**WHAT TO DO:**
From the records below, copy the lines that include "front".
━━ SOURCE MATERIAL
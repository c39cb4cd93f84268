//! What a line of a policy says.
ghost use Rattle.std.specs.Prelude.{◌≡◌, ◌≤◌, ◌∷◌, ◌⊎◌, length, option_map, IsTrue, IfOk, IfErr, IfSome, Ok, Err};
ghost use Rattle.policy_words.specs.Sayings.{is_saying};
ghost use Rattle.policy_words.specs.Seen.{seen_said};
ghost use Rattle.policy_words.specs.Versions.{is_open, has_edges};
ghost use Rattle.policy_words.specs.Reading.{said_of, read_said};
ghost use Rattle.policy_lines.specs.Answered.{ReadsAs};
ghost use Rattle.policy_lines.specs.FirstWords.{said_behind};

use crate::edges::formed_in;
use crate::first_words::{LineVerb, line_verb};
use crate::forms::{cap, edge, entry, formed, limit, linked, one_name, opening, version};
use crate::periods::period;
use crate::triggers::trigger;
use gt_base::{Form, LONGEST_POLICY_LINE};
use gt_text::{Words, begins};
use policy_words::{Said, TextKind, TextVersion};
use std::alloc::Global;

/// Whether only silent lines stand before, so that a version may be said here.
fn is_open(version: TextVersion) -> bool
    ensures { result ≡ is_open version }
{
    match version {
        TextVersion::Open => true,
        TextVersion::One | TextVersion::Two => false,
    }
}

/// Whether the text has words for edges that are linked and unlinked.
fn has_edges(version: TextVersion) -> bool
    ensures { result ≡ has_edges version }
{
    match version {
        TextVersion::Open | TextVersion::One => false,
        TextVersion::Two => true,
    }
}

/// What a line says, by its first word and the words after it.
fn said_after(
    alloc: Global,
    text_version: TextVersion,
    line: &[u8],
    verb: LineVerb,
    words: Words<'_>,
) -> Result<Said, TextKind>
    requires { length line.now ≤ LONGEST_POLICY_LINE }
    ensures { ReadsAs result (said_behind text_version line.now verb words.entry) }
{
    match verb {
        LineVerb::Policy => version(is_open(text_version), words),
        LineVerb::Role => formed(one_name(words).map(|name| Said::Role(name))),
        LineVerb::User => formed(one_name(words).map(|name| Said::User(name))),
        LineVerb::Perm => formed(one_name(words).map(|name| Said::Perm(name))),
        LineVerb::Period => period(alloc, line, words),
        LineVerb::Limit => formed_in(has_edges(text_version), limit(words)),
        LineVerb::Edge => formed(edge(words)),
        LineVerb::Cap => formed(cap(words)),
        LineVerb::Admin => formed(one_name(words).map(|name| Said::Admin(name))),
        LineVerb::Enabled => formed(opening(b"enabled", words)),
        LineVerb::Assigned => formed(opening(b"assigned", words)),
        LineVerb::Granted => formed(opening(b"granted", words)),
        LineVerb::Armed => formed(opening(b"armed", words)),
        LineVerb::Linked => linked(has_edges(text_version), words),
        LineVerb::Each => formed_in(has_edges(text_version), entry(Form::Each, words)),
        LineVerb::Start => formed_in(has_edges(text_version), entry(Form::Start, words)),
        LineVerb::Span => formed_in(has_edges(text_version), entry(Form::Span, words)),
        LineVerb::When => trigger(alloc, has_edges(text_version), words),
    }
}

/// What a line says that is not silent. A first word that is no verb begins no line.
fn said_of(
    alloc: Global,
    version: TextVersion,
    line: &[u8],
    word: &[u8],
    words: Words<'_>,
) -> Result<Said, TextKind>
    requires { length line.now ≤ LONGEST_POLICY_LINE }
    ensures { ReadsAs result (said_of version line.now (word.now ∷ words.entry)) }
{
    match line_verb(word) {
        Some(verb) => said_after(alloc, version, line, verb, words),
        None => Err(TextKind::Word),
    }
}

/// What a line says; None where it is blank or a comment, which may be too long all the same.
fn read_line(alloc: Global, version: TextVersion, line: &[u8]) -> Result<Option<Said>, TextKind>
    ensures ok { IfOk result (λ said. read_said version line.now
        ≡ Ok (option_map seen_said said)) }
    ensures fault { IfErr result (λ f. (f ≡ TextKind.Memory)
        ⊎ (read_said version line.now ≡ Err f)) }
{
    if line.len() > LONGEST_POLICY_LINE {
        return Err(TextKind::Long);
    }
    let mut words = Words::new(line);
    let Some(word) = words.next() else {
        return Ok(None);
    };
    if begins(word, b'#') {
        return Ok(None);
    }
    match said_of(alloc, version, line, word, words) {
        Ok(said) => Ok(Some(said)),
        Err(fault) => Err(fault),
    }
}

/// What a line of a policy says, nothing where it is silent, or why it says nothing, in a text
/// whose lines before it tell this version. Want of memory is `TextKind::Memory`, also where the
/// expression of a period wants it.
pub fn read_said(alloc: Global, version: TextVersion, line: &[u8]) -> Result<Option<Said>, TextKind>
    ensures ok { IfOk result (λ said. read_said version line.now
        ≡ Ok (option_map seen_said said)) }
    ensures fault { IfErr result (λ f. (f ≡ TextKind.Memory)
        ⊎ (read_said version line.now ≡ Err f)) }
    ensures saying { IfOk result (λ said. IfSome said (λ s. IsTrue (is_saying (seen_said s)))) }
{
    read_line(alloc, version, line)
}
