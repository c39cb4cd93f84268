//! Duration limits: when each fluent last changed, and from when on a limit has run for long enough
//! to end its condition.
#![tactic(auto)]

mod ages;
mod laws;

pub use ages::Ages;
pub use laws::{ages_follow_changes, ages_read_rows, ripe_is_aged};
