//! The verbs of events and conditions: the words of each, and the verb that a word is.
ghost use Rattle.std.specs.Prelude.{◌≡◌, bytes_eq, find};
ghost use Rattle.policy_words.specs.Wording.{verb_in, event_verb, cond_verb, signal_verb, sort_of};

use policy_words::Sort;

/// All verbs: whether each sets on, and the sort of its fluents.
const VERBS: [(bool, Sort); 10] = [
    (true, Sort::Enabling),
    (false, Sort::Enabling),
    (true, Sort::Assigning),
    (false, Sort::Assigning),
    (true, Sort::Granting),
    (false, Sort::Granting),
    (true, Sort::Arming),
    (false, Sort::Arming),
    (true, Sort::Linking),
    (false, Sort::Linking),
];

/// The word of an event's verb.
pub fn event_text(on: bool, sort: Sort) -> &'static [u8]
    ensures { result.now ≡ event_verb on sort }
{
    match (on, sort) {
        (true, Sort::Enabling) => b"enable",
        (false, Sort::Enabling) => b"disable",
        (true, Sort::Assigning) => b"assign",
        (false, Sort::Assigning) => b"deassign",
        (true, Sort::Granting) => b"grant",
        (false, Sort::Granting) => b"revoke",
        (true, Sort::Arming) => b"arm",
        (false, Sort::Arming) => b"disarm",
        (true, Sort::Linking) => b"link",
        (false, Sort::Linking) => b"unlink",
    }
}

/// The word of a condition's verb.
pub(crate) fn cond_text(on: bool, sort: Sort) -> &'static [u8]
    ensures { result.now ≡ cond_verb on sort }
{
    match (on, sort) {
        (true, Sort::Enabling) => b"enabled",
        (false, Sort::Enabling) => b"disabled",
        (true, Sort::Assigning) => b"assigned",
        (false, Sort::Assigning) => b"deassigned",
        (true, Sort::Granting) => b"granted",
        (false, Sort::Granting) => b"revoked",
        (true, Sort::Arming) => b"armed",
        (false, Sort::Arming) => b"disarmed",
        (true, Sort::Linking) => b"linked",
        (false, Sort::Linking) => b"unlinked",
    }
}

/// The word of a signal's verb.
pub(crate) fn signal_text(start: bool) -> &'static [u8]
    ensures { result.now ≡ signal_verb start }
{
    if start { b"activate" } else { b"deactivate" }
}

/// The verb of an event that a word is.
pub fn event_verb(word: &[u8]) -> Option<(bool, Sort)>
    ensures { result ≡ verb_in event_verb word.now }
{
    VERBS
        .iter()
        .copied()
        .find(|verb| event_text(verb.0, verb.1) == word)
}

/// The verb of a condition that a word is.
pub fn cond_verb(word: &[u8]) -> Option<(bool, Sort)>
    ensures { result ≡ verb_in cond_verb word.now }
{
    VERBS
        .iter()
        .copied()
        .find(|verb| cond_text(verb.0, verb.1) == word)
}
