// Theorems over the answers of both conversions, over whole calls and lists of calls: specifications only.
#![tactic(auto)]
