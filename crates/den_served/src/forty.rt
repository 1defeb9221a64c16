//! Forty requests of services that register, watch and go, with leases: frames in, bytes out, as docs/FORMATS.md gives them.
use crate::leased::with_leases;
use crate::requests::{ITSELF, MEMBERS, NOT_WRITTEN};
use crate::server::{Ending, WRITTEN, is_joined, link_of, run_by};
use den_disk::{ListClock, MemDisk};
use den_tests::Pieces;
use std::alloc::Global;
use std::test::Fail;

// A watch of all keys under /services/, without the values before; a put of one with a time to live of thirty seconds, around
// its two digits; and a delete of one, in front of them.
const WATCH: &[u8] = b"\0\0\0\0\0\0\0\x19\x04\0\0\0\x01\x01\0\0\0\0\0\0\0\0\x0a/services/";

const PUT_OF: &[u8] = b"\0\0\0\0\0\0\0,\x01\0\0\0\x01\x01\0\0\0\0\0\0\0\x0c/services/";

const UP: &[u8] = b"\0\0\0\0\0\0\0\x02up\0\0\0\0\0\0\0\x1e";

const DELETE_OF: &[u8] = b"\0\0\0\0\0\0\0\x1a\x01\0\0\0\x01\x02\0\0\0\0\0\0\0\x0c/services/";
// Swaps of /locks/a: from absent to w1, from absent to w2, from w1 to w2. A read of it.
const SWAP_TO_W1: &[u8] =
    b"\0\0\0\0\0\0\0!\x01\0\0\0\x01\x03\0\0\0\0\0\0\0\x08/locks/a\0\0\0\0\0\0\0\0\x02w1";

const SWAP_TO_W2: &[u8] =
    b"\0\0\0\0\0\0\0!\x01\0\0\0\x01\x03\0\0\0\0\0\0\0\x08/locks/a\0\0\0\0\0\0\0\0\x02w2";

const SWAP_FROM_W1: &[u8] =
    b"\0\0\0\0\0\0\0+\x01\0\0\0\x01\x03\0\0\0\0\0\0\0\x08/locks/a\x01\0\0\0\0\0\0\0\x02w1\0\0\0\0\0\0\0\x02w2";

const READ_LOCK: &[u8] =
    b"\0\0\0\0\0\0\0\x1e\x02\0\0\0\x01\0\0\0\0\0\0\0\0\x01\0\0\0\0\0\0\0\x08/locks/a";
// A scan of the services, and a put of another key.
const SCAN_SERVICES: &[u8] = b"\0\0\0\0\0\0\0\x17\x03\0\0\0\x01\0\0\0\0\0\0\0\x0a/services/";

const PUT_PLAIN: &[u8] =
    b"\0\0\0\0\0\0\0%\x01\0\0\0\x01\x01\0\0\0\0\0\0\0\x06/plain\0\0\0\0\0\0\0\x01x\0\0\0\0\0\0\0\0";
// Watcher 1 stands. An event of a put and of a delete, in front of the last byte of its revision; a service's key, in front of its
// two digits; and what follows them: the value and none before, or neither.
const WATCHING: &[u8] = b"\0\0\0\0\0\0\0\x09\x03\0\0\0\0\0\0\0\x01";

const TOLD_PUT: &[u8] = b"\0\0\0\0\0\0\08\x04\0\0\0\0\0\0\0\x01\x01\0\0\0\0\0\0\0";

const TOLD_DELETE: &[u8] = b"\0\0\0\0\0\0\06\x04\0\0\0\0\0\0\0\x01\x02\0\0\0\0\0\0\0";

const NAME: &[u8] = b"\0\0\0\0\0\0\0\x0c/services/";

const TO_UP: &[u8] = b"\0\0\0\0\0\0\0\x02up\0\0\0\0\0\0\0\0";

const TO_NOTHING: &[u8] = b"\0\0\0\0\0\0\0\0\0\0\0\0\0\0\0\0";
// The lock's value; the scan of all sixteen at revision 20, in front of the first pair, and a pair's value; and the scan of the last
// service at revision 35.
const LOCK: &[u8] =
    b"\0\0\0\0\0\0\0'\x01\0\0\0\x02\0\0\0\0\0\0\0\x01\0\0\0\0\0\0\0\x08/locks/a\0\0\0\0\0\0\0\x02w2";

const ALL_SERVICES: &[u8] = b"\0\0\0\0\0\0\x01\xf1\x02\0\0\0\0\0\0\0\x14\0\0\0\0\0\0\0\x10";

const IS_UP: &[u8] = b"\0\0\0\0\0\0\0\x02up";

const LAST_SERVICE: &[u8] =
    b"\0\0\0\0\0\0\0/\x02\0\0\0\0\0\0\0#\0\0\0\0\0\0\0\x01\0\0\0\0\0\0\0\x0c/services/16\0\0\0\0\0\0\0\x02up";

const INPUT: Pieces = &[
    WATCH,
    PUT_OF,
    b"01",
    UP,
    PUT_OF,
    b"02",
    UP,
    PUT_OF,
    b"03",
    UP,
    PUT_OF,
    b"04",
    UP,
    PUT_OF,
    b"05",
    UP,
    PUT_OF,
    b"06",
    UP,
    PUT_OF,
    b"07",
    UP,
    PUT_OF,
    b"08",
    UP,
    PUT_OF,
    b"09",
    UP,
    PUT_OF,
    b"10",
    UP,
    PUT_OF,
    b"11",
    UP,
    PUT_OF,
    b"12",
    UP,
    PUT_OF,
    b"13",
    UP,
    PUT_OF,
    b"14",
    UP,
    PUT_OF,
    b"15",
    UP,
    PUT_OF,
    b"16",
    UP,
    SWAP_TO_W1,
    SWAP_TO_W2,
    SWAP_FROM_W1,
    READ_LOCK,
    SCAN_SERVICES,
    MEMBERS,
    DELETE_OF,
    b"01",
    DELETE_OF,
    b"02",
    DELETE_OF,
    b"03",
    DELETE_OF,
    b"04",
    DELETE_OF,
    b"05",
    DELETE_OF,
    b"06",
    DELETE_OF,
    b"07",
    DELETE_OF,
    b"08",
    DELETE_OF,
    b"09",
    DELETE_OF,
    b"10",
    DELETE_OF,
    b"11",
    DELETE_OF,
    b"12",
    DELETE_OF,
    b"13",
    DELETE_OF,
    b"14",
    DELETE_OF,
    b"15",
    SCAN_SERVICES,
    PUT_PLAIN,
];

const SENT: Pieces = &[
    WATCHING,
    WRITTEN,
    TOLD_PUT,
    b"\x02",
    NAME,
    b"01",
    TO_UP,
    WRITTEN,
    TOLD_PUT,
    b"\x03",
    NAME,
    b"02",
    TO_UP,
    WRITTEN,
    TOLD_PUT,
    b"\x04",
    NAME,
    b"03",
    TO_UP,
    WRITTEN,
    TOLD_PUT,
    b"\x05",
    NAME,
    b"04",
    TO_UP,
    WRITTEN,
    TOLD_PUT,
    b"\x06",
    NAME,
    b"05",
    TO_UP,
    WRITTEN,
    TOLD_PUT,
    b"\x07",
    NAME,
    b"06",
    TO_UP,
    WRITTEN,
    TOLD_PUT,
    b"\x08",
    NAME,
    b"07",
    TO_UP,
    WRITTEN,
    TOLD_PUT,
    b"\x09",
    NAME,
    b"08",
    TO_UP,
    WRITTEN,
    TOLD_PUT,
    b"\x0a",
    NAME,
    b"09",
    TO_UP,
    WRITTEN,
    TOLD_PUT,
    b"\x0b",
    NAME,
    b"10",
    TO_UP,
    WRITTEN,
    TOLD_PUT,
    b"\x0c",
    NAME,
    b"11",
    TO_UP,
    WRITTEN,
    TOLD_PUT,
    b"\x0d",
    NAME,
    b"12",
    TO_UP,
    WRITTEN,
    TOLD_PUT,
    b"\x0e",
    NAME,
    b"13",
    TO_UP,
    WRITTEN,
    TOLD_PUT,
    b"\x0f",
    NAME,
    b"14",
    TO_UP,
    WRITTEN,
    TOLD_PUT,
    b"\x10",
    NAME,
    b"15",
    TO_UP,
    WRITTEN,
    TOLD_PUT,
    b"\x11",
    NAME,
    b"16",
    TO_UP,
    WRITTEN,
    NOT_WRITTEN,
    WRITTEN,
    LOCK,
    ALL_SERVICES,
    NAME,
    b"01",
    IS_UP,
    NAME,
    b"02",
    IS_UP,
    NAME,
    b"03",
    IS_UP,
    NAME,
    b"04",
    IS_UP,
    NAME,
    b"05",
    IS_UP,
    NAME,
    b"06",
    IS_UP,
    NAME,
    b"07",
    IS_UP,
    NAME,
    b"08",
    IS_UP,
    NAME,
    b"09",
    IS_UP,
    NAME,
    b"10",
    IS_UP,
    NAME,
    b"11",
    IS_UP,
    NAME,
    b"12",
    IS_UP,
    NAME,
    b"13",
    IS_UP,
    NAME,
    b"14",
    IS_UP,
    NAME,
    b"15",
    IS_UP,
    NAME,
    b"16",
    IS_UP,
    ITSELF,
    WRITTEN,
    TOLD_DELETE,
    b"\x15",
    NAME,
    b"01",
    TO_NOTHING,
    WRITTEN,
    TOLD_DELETE,
    b"\x16",
    NAME,
    b"02",
    TO_NOTHING,
    WRITTEN,
    TOLD_DELETE,
    b"\x17",
    NAME,
    b"03",
    TO_NOTHING,
    WRITTEN,
    TOLD_DELETE,
    b"\x18",
    NAME,
    b"04",
    TO_NOTHING,
    WRITTEN,
    TOLD_DELETE,
    b"\x19",
    NAME,
    b"05",
    TO_NOTHING,
    WRITTEN,
    TOLD_DELETE,
    b"\x1a",
    NAME,
    b"06",
    TO_NOTHING,
    WRITTEN,
    TOLD_DELETE,
    b"\x1b",
    NAME,
    b"07",
    TO_NOTHING,
    WRITTEN,
    TOLD_DELETE,
    b"\x1c",
    NAME,
    b"08",
    TO_NOTHING,
    WRITTEN,
    TOLD_DELETE,
    b"\x1d",
    NAME,
    b"09",
    TO_NOTHING,
    WRITTEN,
    TOLD_DELETE,
    b"\x1e",
    NAME,
    b"10",
    TO_NOTHING,
    WRITTEN,
    TOLD_DELETE,
    b"\x1f",
    NAME,
    b"11",
    TO_NOTHING,
    WRITTEN,
    TOLD_DELETE,
    b" ",
    NAME,
    b"12",
    TO_NOTHING,
    WRITTEN,
    TOLD_DELETE,
    b"!",
    NAME,
    b"13",
    TO_NOTHING,
    WRITTEN,
    TOLD_DELETE,
    b"\x22",
    NAME,
    b"14",
    TO_NOTHING,
    WRITTEN,
    TOLD_DELETE,
    b"#",
    NAME,
    b"15",
    TO_NOTHING,
    LAST_SERVICE,
    WRITTEN,
];

// Whether a run with leases at readings that rise by 100 ends well and has sent this.
fn serves(alloc: Global, input: Pieces, sent: Pieces) -> Result<bool, Fail> {
    let config = with_leases(alloc, 1000)?;
    let mut disk = MemDisk::new(alloc);
    let mut link = link_of(alloc, input, &[])?;
    let mut clock = ListClock::steps(1_000_000, 100);
    let ended = run_by(alloc, &mut disk, &mut link, &mut clock, &config);
    Ok(ended == Ending::Well && is_joined(link.sent(), sent))
}

// Sixteen services register, a lock changes hands, fifteen services go, and who watches is told each time.
#[test]
fn serves_forty_frames(rt: HostRuntime) -> Result<(), Fail> {
    let served = serves(rt.alloc(), INPUT, SENT)?;
    assert!(rt; served);
    Ok(())
}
━━━━
**TASK RESULT:**
// its two digits; and a delete of one, in front of them.
// Watcher 1 stands. An event of a put and of a delete, in front of the last byte of its revision; a service's key, in front of its
// The lock's value; the scan of all sixteen at revision 20, in front of the first pair, and a pair's value; and the scan of the last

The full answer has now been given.